--- Data records ---
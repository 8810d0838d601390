//! A log of proof lines in pages that are shared and never copied.
//!
//! Full pages are shared between the log and what it hands out, so that handing out takes time in
//! proportion to the pages. Places are counted from 0.
#![tactic(auto)]

mod copies;
mod counted;
mod extended;
mod lines;
mod log;
mod page;

pub use extended::Extended;
pub use lines::Lines;
pub use log::Log;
---
What this task involves.
Your answer should be the full set of records, printed exactly.

Solution for this task.
repository 8810d0838d601390
//! A log of proof lines in pages that are shared and never copied.
//!
//! Full pages are shared between the log and what it hands out, so that handing out takes time in
//! proportion to the pages. Places are counted from 0.
#![tactic(auto)]

mod copies;
mod counted;
mod extended;
mod lines;
mod log;
mod page;

pub use extended::Extended;
pub use lines::Lines;
pub use log::Log;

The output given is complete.